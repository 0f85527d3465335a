//! How deep a core expression nests, read off the expression that it stands for.
ghost use Rattle.std.specs.Prelude.{◌≡◌, ◌+◌, ◌≤◌, List, map, max, min, take};
ghost use Rattle.fr_core.specs.WellFormed.{nesting};
ghost use Rattle.fr_scope.specs.Meanings.{Binder};
ghost use Rattle.fr_syntax.specs.Outlines.{Global};
ghost use Rattle.fr_value.specs.Data.{greatest};
ghost use Rattle.fr_expand.specs.Depths.{depth, around, and_depth, or_depth, count_end};
ghost use Rattle.fr_expand.specs.Translation.{core_of};

use fr_syntax::Expr;

/// Where the count of levels ends: one above what a program may nest to.
const END: u32 = 501;

/// How deep the core expression nests that an expression stands for, whatever its names mean. 501 stands for all above 500.
///
/// It takes time in the expression's size, no memory, and stack only for what nests in the text itself.
pub(crate) fn depth(expr: &Expr) -> u32
    ensures { (globals : List Global) (scope : List Binder) → result ≡ min count_end (nesting (core_of globals expr.now scope)) }
{
    depth_of(expr)
}

/// One level above parts of that depth.
fn above(parts: u32) -> u32
    requires { parts ≤ count_end }
    ensures { result ≡ min count_end (1 + parts) }
{
    (1 + parts).min(END)
}

/// The depth of an expression.
#[cycle(depth)]
#[tactic(auto, using(crate::proofs::Views::depth_opens, crate::proofs::Opened::opened, crate::proofs::Chains::capped))]
fn depth_of(expr: &Expr) -> u32
    ensures { result ≡ min count_end (depth expr.now) }
{
    match expr {
        Expr::Literal(_) | Expr::Name(_) => 1,
        Expr::Let(_, parts, body) => {
            let greatest = depth_of_each(parts.as_slice());
            above(greatest.max(depth_of(body.get())))
        }
        Expr::LetStar(names, parts, body) => {
            depth_of_chain(parts.as_slice(), names.len(), depth_of(body.get()))
        }
        Expr::Cond(tests, parts, other) => {
            let other = depth_of(other.get());
            let first = depth_of_chain(tests.as_slice(), parts.len(), other);
            first.max(depth_of_chain(parts.as_slice(), tests.len(), other))
        }
        Expr::And(parts) => depth_of_and(parts.as_slice()),
        Expr::Or(parts) => depth_of_or(parts.as_slice()),
        Expr::MergeE(parts) | Expr::Call(_, parts) => above(depth_of_each(parts.as_slice())),
        Expr::If(a, b, c)
        | Expr::Fold(_, _, a, b, c)
        | Expr::Repeat(_, a, b, c)
        | Expr::CollectB(a, b, _, _, c)
        | Expr::CollectE(a, b, _, _, c) => {
            above(
                depth_of(a.get())
                    .max(depth_of(b.get()))
                    .max(depth_of(c.get())),
            )
        }
        Expr::MapE(_, b, a)
        | Expr::FilterE(_, b, a)
        | Expr::Hold(a, b)
        | Expr::Delay(a, b)
        | Expr::Feedback(_, a, b) => above(depth_of(a.get()).max(depth_of(b.get()))),
        Expr::Changes(a) | Expr::OnceE(a) | Expr::DelayE(a) => above(depth_of(a.get())),
    }
}

/// The greatest depth of any, and 0 where there is none.
#[cycle(depth)]
fn depth_of_each(exprs: &[Expr]) -> u32
    ensures { result ≡ min count_end (greatest (map depth exprs.now)) }
{
    let mut greatest = 0;
    for expr in exprs {
        greatest = depth_of(expr).max(greatest);
    }
    greatest
}

/// The depth where each of the first parts, so many at most, stands in an expression around what is behind it, and what
/// stands last has that depth.
#[cycle(depth)]
fn depth_of_chain(parts: &[Expr], count: usize, last: u32) -> u32
    requires { last ≤ count_end }
    ensures { result ≡ min count_end (around (take count (map depth parts.now)) last) }
{
    let mut rest = last;
    for at in (0..count.min(parts.len())).rev() {
        rest = above(depth_of(&parts[at]).max(rest));
    }
    rest
}

/// The depth where each part but the last is a test around what is behind it.
#[cycle(depth)]
fn depth_of_and(parts: &[Expr]) -> u32
    ensures { result ≡ min count_end (and_depth (map depth parts.now)) }
{
    let Some(last) = parts.last() else {
        return 1;
    };
    let mut rest = depth_of(last);
    for at in (0..parts.len() - 1).rev() {
        rest = above(depth_of(&parts[at]).max(rest));
    }
    rest
}

/// The depth where each part but the last is bound and tested around what is behind it.
#[cycle(depth)]
fn depth_of_or(parts: &[Expr]) -> u32
    ensures { result ≡ min count_end (or_depth (map depth parts.now)) }
{
    let Some(last) = parts.last() else {
        return 1;
    };
    let mut rest = depth_of(last);
    for at in (0..parts.len() - 1).rev() {
        rest = above(depth_of(&parts[at]).max(above(rest)));
    }
    rest
}
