//! The core expressions of truth values and of names.
ghost use Rattle.std.specs.Prelude.{◌≡◌, IfOk};
ghost use Rattle.fr_core.specs.declared.core_form.Core.TheVariants as core;
ghost use Rattle.fr_expand.specs.Translation.{truth, value_core, call_core};

use fr_core::{Core, Operator};
use fr_scope::Meaning;
use fr_value::{Primitive, Value, VarId};
use sqlite_items::{Boxed, Items};
use std::alloc::{AllocError, Global};

/// The literal of a truth value.
pub(crate) fn truth(value: bool) -> Core
    ensures { result ≡ truth value }
{
    Core::Lit(Value::Bool(value))
}

/// The core expression of a name that stands for a value and means this.
pub(crate) fn value_core(meaning: Option<Meaning>) -> Core
    ensures { result ≡ value_core meaning }
{
    match meaning {
        Some(Meaning::Variable(variable)) => Core::Var(variable),
        Some(Meaning::Source(source)) => Core::Source(source),
        _ => truth(false),
    }
}

/// The core expression of a call of a name that means this.
pub(crate) fn call_core(meaning: Option<Meaning>, args: Items<Core>) -> Core
    ensures { result ≡ call_core meaning args }
{
    match meaning {
        Some(Meaning::Function(function)) => Core::Apply(function, args),
        Some(Meaning::Primitive(primitive)) => Core::Operator(Operator::Prim(primitive), args),
        _ => Core::Operator(Operator::Prim(Primitive::List), args),
    }
}

/// What a variable has, where that isn't `#f`, and what is given else.
pub(crate) fn given_or(
    alloc: Global,
    variable: VarId,
    other: Core,
) -> Result<Boxed<Core>, AllocError>
    ensures { IfOk result (λ c. c ≡ core.If (core.Var variable) (core.Var variable) other) }
{
    let other = Boxed::new(alloc, other)?;
    let test = Boxed::new(alloc, Core::Var(variable))?;
    let then = Boxed::new(alloc, Core::Var(variable))?;
    Boxed::new(alloc, Core::If(test, then, other))
}
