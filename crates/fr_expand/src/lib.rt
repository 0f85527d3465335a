//! Programs from the forms of their text, or the first form that is refused.
#![tactic(auto)]

mod bindings;
mod building;
mod cores;
mod depth;
mod earlier;
mod expansion;
mod faults;
mod first_pass;
mod laws;
mod name_set;
mod refusal;
mod second_pass;
mod shaping;
mod translation;
mod view;

pub use expansion::{ExpandStop, expand};
pub use laws::expansion_is_one;
pub use refusal::{Kind, Refusal};
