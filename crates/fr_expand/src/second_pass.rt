//! The second pass over the forms: whether the bodies of all handlers and loops are pure.
ghost use Rattle.std.specs.Prelude.{◌≡◌, ◌+◌, ◌<◌, ◌↔◌, ◌∷◌, ℕ, List, [], length, IfSome, IsTrue, MatchOption};
ghost use Rattle.std.specs.Option.{option_copied};
ghost use Rattle.std.specs.Slice.Iter.{iter_rest};
ghost use Rattle.fr_purity.specs.Marks.{AreClasses};
ghost use Rattle.fr_syntax.specs.Outlines.{Global as GlobalName};
ghost use Rattle.fr_syntax.specs.declared.form.Form.{Form as PlainForm};
ghost use Rattle.fr_expand.specs.Cores.{expr_of, AreGiven};
ghost use Rattle.fr_expand.specs.Expansion.{cores_from, program_in, AreFit, IsFirstUnfit, IsFitForm};
ghost use Rattle.fr_expand.specs.Items.{form_core, values_behind};

use fr_core::{Core, Function, Item, Program};
use fr_purity::{Classes, is_fit};
use fr_syntax::Form;
use std::slice::Iter;

/// The place of the first form, counted from 0, in which the body of a handler or a loop isn't pure, where the program is the
/// one that the forms are. The classes are the program's.
pub(crate) fn first_unfit(program: &Program, classes: &Classes, forms: &[Form]) -> Option<usize>
    requires { AreClasses program.now classes.now.closed.items classes.now.pure.items }
    ensures within { IfSome result (λ at. at < length forms.now) }
    ensures found { (globals : List GlobalName) → program.now ≡ program_in globals forms.now → let cores = cores_from globals [] forms.now in
        MatchOption result (AreFit program.now cores) (λ at. IsFirstUnfit program.now cores (at + 1)) }
{
    let mut functions = program.functions.as_slice().iter();
    let mut items = program.body.as_slice().iter();
    for (at, form) in forms.iter().enumerate() {
        let core = core_of_form(form, &mut functions, &mut items);
        if !is_fit_form(program, classes, core) {
            return Some(at);
        }
    }
    None
}

/// The core expression of a form, if it has one, where it and the forms behind it give these functions and items: it is that
/// of the next function or of the next item. What the forms behind it give is left.
fn core_of_form<'a>(
    form: &Form,
    functions: &mut Iter<'a, Function>,
    items: &mut Iter<'a, Item>,
) -> Option<&'a Core>
    ensures { (globals : List GlobalName) (values : List (List ℕ)) (forms : List PlainForm) → AreGiven globals values (form.now ∷ forms) (iter_rest functions.old) (iter_rest items.old)
        → (option_copied result ≡ form_core globals values form.now) × AreGiven globals (values_behind values form.now) forms (iter_rest functions.new) (iter_rest items.new) }
{
    match form {
        Form::Function(..) => match functions.next() {
            Some(function) => Some(&function.body),
            None => None,
        },
        Form::Define(..) | Form::Show(..) => match items.next() {
            Some(item) => Some(expr_of(item)),
            None => None,
        },
        Form::Input(..) | Form::Event(_) => None,
    }
}

/// The expression of an item.
fn expr_of(item: &Item) -> &Core
    ensures { result.now ≡ expr_of item.now }
{
    match item {
        Item::Define(expr) | Item::Show(_, expr) => expr,
    }
}

/// Whether the handlers and loops in a form's core expression, if it has one, have pure bodies.
fn is_fit_form(program: &Program, classes: &Classes, core: Option<&Core>) -> bool
    requires { AreClasses program.now classes.now.closed.items classes.now.pure.items }
    ensures { IsTrue result ↔ IsFitForm program.now (option_copied core.entry) }
{
    match core {
        Some(core) => is_fit(program, classes, core),
        None => true,
    }
}
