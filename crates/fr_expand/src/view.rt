//! Expressions by their shapes: the parts, the names and what is bound where.
ghost use Rattle.std.specs.Prelude.{◌≡◌};
ghost use Rattle.fr_expand.specs.Shapes.{seen, shape_of};

use fr_core::{Core, Handler, Loop, Operator};
use fr_syntax::Expr;
use fr_value::{Symbol, Value};
use sqlite_items::{Boxed, Items};

/// An expression by its shape, with its parts in the order in which they are evaluated.
#[derive(Clone, Copy)]
pub(crate) enum View<'a> {
    /// The value itself.
    Literal(&'a Value),
    /// A name that stands for a value.
    Name(&'a Symbol),
    /// The name that is called, and the arguments.
    Call(&'a Symbol, &'a [Expr]),
    /// The test, what follows where it holds, and what follows where it doesn't.
    If(&'a Expr, &'a Expr, &'a Expr),
    /// Names, the parts that they are bound to one after the other, and the body.
    Chain(&'a [Symbol], &'a [Expr], &'a Expr),
    /// The tests, the expressions behind them, and the last expression.
    Cond(&'a [Expr], &'a [Expr], &'a Expr),
    /// The parts of an `and`.
    And(&'a [Expr]),
    /// The parts of an `or`.
    Or(&'a [Expr]),
    /// An operator of the core language and its parts.
    Operator(Operator, Parts<'a>),
    /// What binds names for a body: its parts, which don't see them, the names, and the body.
    Binding(Binding, Parts<'a>, Names<'a>, &'a Expr),
    /// The name, the first value, which doesn't see it, and the body.
    Feedback(&'a Symbol, &'a Expr, &'a Expr),
}

/// Parts that see the same variables.
#[derive(Clone, Copy)]
pub(crate) enum Parts<'a> {
    One(&'a Expr),
    Two(&'a Expr, &'a Expr),
    Each(&'a [Expr]),
}

/// Names that are bound together.
#[derive(Clone, Copy)]
pub(crate) enum Names<'a> {
    One(&'a Symbol),
    Two(&'a Symbol, &'a Symbol),
    Each(&'a [Symbol]),
}

/// A form of the core language that has a body behind its parts.
#[derive(Clone, Copy)]
pub(crate) enum Binding {
    Let,
    Handler(Handler),
    Loop(Loop),
}

impl Binding {
    ghost use Rattle.std.specs.Prelude.{◌≡◌};
    ghost use Rattle.fr_expand.specs.Translation.{binding_core};

    /// The core expression of this form with its parts and its body.
    pub(crate) fn core(self, parts: Items<Core>, body: Boxed<Core>) -> Core
        ensures { result ≡ binding_core self parts body }
    {
        match self {
            Binding::Let => Core::Let(parts, body),
            Binding::Handler(handler) => Core::Handler(handler, parts, body),
            Binding::Loop(turns) => Core::Loop(turns, parts, body),
        }
    }
}

/// The shape of an expression.
#[tactic(auto, using(crate::proofs::Opened::opened))]
pub(crate) fn view_of(expr: &Expr) -> View<'_>
    ensures { seen result ≡ shape_of expr.now }
{
    match expr {
        Expr::Literal(value) => View::Literal(value),
        Expr::Name(name) => View::Name(name),
        Expr::If(a, b, c) => View::If(a.get(), b.get(), c.get()),
        Expr::Let(names, parts, body) => View::Binding(
            Binding::Let,
            Parts::Each(parts.as_slice()),
            Names::Each(names.as_slice()),
            body.get(),
        ),
        Expr::LetStar(names, parts, body) => {
            View::Chain(names.as_slice(), parts.as_slice(), body.get())
        }
        Expr::Cond(tests, parts, other) => {
            View::Cond(tests.as_slice(), parts.as_slice(), other.get())
        }
        Expr::And(parts) => View::And(parts.as_slice()),
        Expr::Or(parts) => View::Or(parts.as_slice()),
        Expr::Fold(x, y, a, b, body) => View::Binding(
            Binding::Loop(Loop::Fold),
            Parts::Two(a.get(), b.get()),
            Names::Two(x, y),
            body.get(),
        ),
        Expr::Repeat(x, a, b, body) => View::Binding(
            Binding::Loop(Loop::Repeat),
            Parts::Two(a.get(), b.get()),
            Names::One(x),
            body.get(),
        ),
        Expr::MapE(x, body, a) => View::Binding(
            Binding::Handler(Handler::MapE),
            Parts::One(a.get()),
            Names::One(x),
            body.get(),
        ),
        Expr::FilterE(x, body, a) => View::Binding(
            Binding::Handler(Handler::FilterE),
            Parts::One(a.get()),
            Names::One(x),
            body.get(),
        ),
        Expr::MergeE(parts) => View::Operator(Operator::MergeE, Parts::Each(parts.as_slice())),
        Expr::Hold(a, b) => View::Operator(Operator::Hold, Parts::Two(a.get(), b.get())),
        Expr::CollectB(a, b, x, y, body) => View::Binding(
            Binding::Handler(Handler::CollectB),
            Parts::Two(a.get(), b.get()),
            Names::Two(x, y),
            body.get(),
        ),
        Expr::CollectE(a, b, x, y, body) => View::Binding(
            Binding::Handler(Handler::CollectE),
            Parts::Two(a.get(), b.get()),
            Names::Two(x, y),
            body.get(),
        ),
        Expr::Changes(a) => View::Operator(Operator::Changes, Parts::One(a.get())),
        Expr::OnceE(a) => View::Operator(Operator::OnceE, Parts::One(a.get())),
        Expr::Delay(a, b) => View::Operator(Operator::Delay, Parts::Two(a.get(), b.get())),
        Expr::DelayE(a) => View::Operator(Operator::DelayE, Parts::One(a.get())),
        Expr::Feedback(x, a, body) => View::Feedback(x, a.get(), body.get()),
        Expr::Call(callee, parts) => View::Call(callee, parts.as_slice()),
    }
}
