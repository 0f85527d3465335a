//! The program that forms are, where none of them is refused in the first pass.
ghost use Rattle.std.specs.Prelude.{◌≡◌, ◌+◌, ◌<◌, ◌≤◌, [], map, length, IfOk, OnOk};
ghost use Rattle.fr_value.specs.Data.{total};
ghost use Rattle.fr_syntax.specs.Weights.{form_weight, weight};
ghost use Rattle.fr_scope.specs.Meanings.{most_numbered};
ghost use Rattle.fr_expand.specs.Expansion.{events_from, functions_in, inputs_from, items_from, most_weight, program_in};
ghost use Rattle.fr_expand.specs.Faults.{named};
ghost use Rattle.fr_expand.specs.Items.{item_of, values_behind};
ghost use Rattle.fr_expand.specs.Shaped.{names_in, AreNamed};
ghost use Rattle.fr_expand.specs.Translation.{core_of};

use crate::bindings::scope_of;
use crate::translation::core_in;
use fr_core::{Core, Event, Function, Input, Item, Program};
use fr_scope::{Globals, Scope};
use fr_syntax::{Expr, Form};
use fr_value::{SrcId, Symbol};
use sqlite_items::Items;
use std::alloc::{AllocError, Global};

/// The program that forms are which the first pass doesn't refuse.
pub(crate) fn program_in(
    alloc: Global,
    globals: &Globals,
    forms: &[Form],
) -> Result<Program, AllocError>
    requires { total (map form_weight forms.now) ≤ most_weight }
    ensures { IfOk result (λ p. p ≡ program_in globals.now forms.now) }
{
    let (inputs, events) = sources_in(alloc, forms)?;
    let functions = functions_in(alloc, globals, forms)?;
    let body = items_in(alloc, globals, forms)?;
    Ok(Program {
        inputs,
        events,
        functions,
        body,
    })
}

/// The inputs and the events, which are numbered together, from 1.
fn sources_in(alloc: Global, forms: &[Form]) -> Result<(Items<Input>, Items<Event>), AllocError>
    requires { total (map form_weight forms.now) ≤ most_weight }
    ensures inputs { IfOk result (λ s. s.0 ≡ inputs_from 1 forms.now) }
    ensures events { IfOk result (λ s. s.1 ≡ events_from 1 forms.now) }
{
    let mut inputs = Items::new(alloc);
    let mut events = Items::new(alloc);
    let mut next: u32 = 1;
    for form in forms {
        match form {
            Form::Input(name, first) => {
                inputs.push(Input {
                    source: SrcId(next),
                    name: name.share()?,
                    first: first.share()?,
                })?;
                next += 1;
            }
            Form::Event(name) => {
                events.push(Event {
                    source: SrcId(next),
                    name: name.share()?,
                })?;
                next += 1;
            }
            Form::Function(..) | Form::Define(..) | Form::Show(..) => {}
        }
    }
    Ok((inputs, events))
}

/// The functions.
fn functions_in(
    alloc: Global,
    globals: &Globals,
    forms: &[Form],
) -> Result<Items<Function>, AllocError>
    requires { total (map form_weight forms.now) ≤ most_weight }
    ensures { IfOk result (λ fs. fs ≡ functions_in globals.now forms.now) }
{
    let mut functions = Items::new(alloc);
    for form in forms {
        match form {
            Form::Function(name, params, body) => {
                functions.push(function_of(alloc, globals, name, params.as_slice(), body)?)?;
            }
            Form::Input(..) | Form::Event(_) | Form::Define(..) | Form::Show(..) => {}
        }
    }
    Ok(functions)
}

/// A function. Its body sees its parameters and no values of the program.
fn function_of(
    alloc: Global,
    globals: &Globals,
    name: &Symbol,
    params: &[Symbol],
    body: &Expr,
) -> Result<Function, AllocError>
    requires { length params.now + weight body.now ≤ most_numbered }
    ensures { IfOk result (λ f. f ≡ record { name = name.now; params = length params.now; body = core_of globals.now body.now (named params.now) }) }
{
    let name = name.share()?;
    let body = body_of(alloc, globals, params, body)?;
    Ok(Function {
        name,
        params: params.len() as u32,
        body,
    })
}

/// The core expression of a function's body.
fn body_of(
    alloc: Global,
    globals: &Globals,
    params: &[Symbol],
    body: &Expr,
) -> Result<Core, AllocError>
    requires { length params.now + weight body.now ≤ most_numbered }
    ensures { IfOk result (λ c. c ≡ core_of globals.now body.now (named params.now)) }
{
    let mut scope = scope_of(alloc, params)?;
    core_in(alloc, globals, &mut scope, body)
}

/// The items of the body. Each sees the values before it.
fn items_in(alloc: Global, globals: &Globals, forms: &[Form]) -> Result<Items<Item>, AllocError>
    requires { total (map form_weight forms.now) ≤ most_weight }
    ensures { IfOk result (λ is. is ≡ items_from globals.now [] forms.now) }
{
    let mut values = Scope::new(alloc);
    let mut items = Items::new(alloc);
    for form in forms {
        if let Some(item) = item_of(alloc, globals, &mut values, form)? {
            items.push(item)?;
        }
        add_value(&mut values, form)?;
    }
    Ok(items)
}

/// The item that a form is, if it is one, where these are the values before it.
fn item_of(
    alloc: Global,
    globals: &Globals,
    values: &mut Scope,
    form: &Form,
) -> Result<Option<Item>, AllocError>
    requires named { AreNamed values.old }
    requires few { length values.old + form_weight form.now ≤ most_numbered }
    ensures made { IfOk result (λ i. i ≡ item_of globals.now (names_in values.old) form.now) }
    ensures values { OnOk result (values.new ≡ values.old) }
{
    match form {
        Form::Define(_, expr) => Ok(Some(Item::Define(core_in(alloc, globals, values, expr)?))),
        Form::Show(name, expr) => {
            let name = name.share()?;
            Ok(Some(Item::Show(name, core_in(alloc, globals, values, expr)?)))
        }
        Form::Input(..) | Form::Event(_) | Form::Function(..) => Ok(None),
    }
}

/// The values behind a form.
fn add_value(values: &mut Scope, form: &Form) -> Result<(), AllocError>
    requires named { AreNamed values.old }
    requires few { length values.old < most_numbered }
    ensures added { OnOk result (names_in values.new ≡ values_behind (names_in values.old) form.now) }
    ensures named { OnOk result (AreNamed values.new) }
    ensures few { OnOk result (length values.new ≤ length values.old + 1) }
{
    match form {
        Form::Define(name, _) => values.push(name),
        Form::Input(..) | Form::Event(_) | Form::Function(..) | Form::Show(..) => Ok(()),
    }
}
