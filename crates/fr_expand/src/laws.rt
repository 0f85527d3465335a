ghost use Rattle.std.specs.Prelude.{◌≡◌, List, Result};
ghost use Rattle.fr_value.specs.declared.value.Datum.{Datum};
ghost use Rattle.fr_core.specs.declared.program.Program.{Program};
ghost use Rattle.fr_expand.specs.declared.refusal.Refusal.{Refusal};
ghost use Rattle.fr_expand.specs.Expansion.{IsExpansion};

/// Forms have one expansion: one program, or one refusal.
#[tactic(auto, using(crate::proofs::OneExpansion::expansion_is_one))]
pub fn expansion_is_one()
    ensures { (ds : List Datum) → (v w : Result Program Refusal) → IsExpansion ds v → IsExpansion ds w → v ≡ w }
{}
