//! A sink that keeps what is written.
ghost use Rattle.std.specs.Prelude.{◌≡◌, ◌≤◌, [], Some, OnOk, OnErr};
ghost use Rattle.std.specs.Io.KnownBytes.{append_known};
ghost use Rattle.tm_edge.specs.Fault.{HasRisen};

use crate::{Failed, Sink};
use std::alloc::Global;
use std::marker::Model;
use tm_types::Bytes;

/// A sink that keeps what is written. It fails exactly where it finds no memory for it, and then keeps what it had.
#[derive(Debug, Drop)]
pub struct TextSink {
    text: Bytes,
    faults: u64,
}

impl Model for TextSink {
    ghost use Rattle.std.specs.Prelude.{◌<◌, ◌^◌};
    ghost use Rattle.tm_edge.specs.KeptText.{KeptText};

    ghost Value = { KeptText };

    ghost view = { λ s. record { text = s.text; faults = s.faults } };

    ghost invariant = { λ s. s.faults < 2 ^ 64 };
}

impl TextSink {
    /// A sink to which nothing was written. This takes no memory.
    pub fn new(alloc: Global) -> TextSink
        ensures text { result.text ≡ [] }
        ensures faults { result.faults ≡ 0 }
    {
        TextSink {
            text: Bytes::new(alloc),
            faults: 0,
        }
    }

    /// What was written.
    pub fn text(&self) -> &[u8]
        ensures { result.now ≡ self.now.text }
    {
        self.text.as_slice()
    }
}

impl Sink for TextSink {
    ghost written = { λ s. Some s.text };

    ghost faults = { λ s. s.faults };

    fn put(&mut self, bytes: &[u8]) -> Result<(), Failed>
        ensures put { OnOk result (Some self.new.text ≡ append_known (Some self.old.text) bytes.now) }
        ensures count { self.old.faults ≤ self.new.faults }
        ensures no_fault { OnOk result (self.new.faults ≡ self.old.faults) }
        ensures failed { OnErr result (HasRisen self.old.faults self.new.faults) }
        ensures none { OnErr result (self.new.text ≡ self.old.text) }
    {
        match self.text.append(bytes) {
            Ok(()) => Ok(()),
            Err(_) => {
                self.faults = self.faults.saturating_add(1);
                Err(Failed)
            }
        }
    }
}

◆ TASK BRIEF: The lines that contain the word "Outlines" are wanted; copy each of them from the records.

◆ SOLUTION TO THIS EXERCISE:
ghost use Rattle.fr_syntax.specs.Outlines.{Global};
ghost use Rattle.fr_syntax.specs.Outlines.{Global as GlobalName};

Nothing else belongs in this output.